If you could code that in perl you'd be close to understanding
Lafferty. Except he's pretty unstable, check the source code
for details. Mostly that's because solving the problem isn't
the point for the Laff-bot.

F

On 10/18/2011 11:05 PM, RicodJour wrote:
> Nice video.
> http://www.sciencefriday.com/videos/watch/10376
>
> Oh, and please note the guy pushing the bike wasn't wearing a
> helmet. ;)
>
> R

So then, is it demonstrating the physics of a rider-less bike?,,, -or a
helmet-less bike?

On Oct 19, 2:44*pm, Fred Flintstein >
wrote:
> On 10/19/2011 3:35 PM, Frederick the Great wrote:
>
>
>
>
>
>
>
>
>
> > A holonomic constraint can be integrated out separately;
> > but a non-holonomic constraint cannot.
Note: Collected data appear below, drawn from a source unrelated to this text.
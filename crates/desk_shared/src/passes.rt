ghost use Rattle.std.specs.Prelude.{◌≡◌};

use crate::board::Place;
use grid_cells::Planner;
use std::marker::Model;

/// What one planner uses a shared desk with. It remembers what it has seen of the journal.
#[derive(Drop)]
pub struct Pass {
    pub(crate) place: Place,
    pub(crate) planner: Planner,
    pub(crate) unused: [bool; 256],
}

impl Model for Pass {
    ghost use Rattle.desk_shared.specs.Passes.{Held};

    ghost Value = { Held };

    ghost use Rattle.desk_shared.specs.Turns.{IsIdlePass, shown};

    ghost view = { λ p. record { table_id = p.place.table_id; known = shown p.place.me.0 } };

    ghost invariant = { λ p. IsIdlePass p.place.me p.planner p.unused };
}

impl Pass {
    /// The planner whose pass it is.
    pub fn planner(&self) -> Planner
        ensures { result ≡ self.now.known.planner }
    {
        self.planner
    }
}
Other examples of
> > NHC's are inequalities. A particle moving on a sphere is
> > a HC. A particle that can fall off a sphere is a NHC. A
> > NHC can only be solved for only by solving the entire problem.
>
> > A sphere on a plane
>
> > V * * * * * *velocity of the center of mass (vector quantity)
> > w * * * * * *angular velocity of the sphere (vector quantity, sort of)
> > n * * * * * *unit normal to the plane at the point of contact (vector quantity)
> > a * * * * * *radius of the sphere (scalar quantity)
>
> > The constraint that the sphere does not slip is expressed as
>
> > * * * *V - a(w x n) = 0.
>
> > If the the point of contact describes a circle on the plane
> > then it becomes a holonomic constraint.
>
> If you could code that in perl you'd be close to understanding
> Lafferty. Except he's pretty unstable, check the source code
> for details. Mostly that's because solving the problem isn't
> the point for the Laff-bot.
>
> F

On the contrary, Lafferty is completely stable - overly so.
He has settled into a local minimum of the potential
(actually I think of it as a local minimum of the probability
surface, like a fitting method getting stuck) and shall not
be moved. No amount of added evidence will change
his likelihood.

Fredmetropolisalgorithm Ben

Fredmaster of Brainerd wrote:
> On the contrary, Lafferty is completely stable - overly so.
> He has settled into a local minimum of the potential
> (actually I think of it as a local minimum of the probability
> surface, like a fitting method getting stuck) and shall not
> be moved. No amount of added evidence will change
> his likelihood.

A Hamiltonian cycle then (probably a fixed gear single speed one).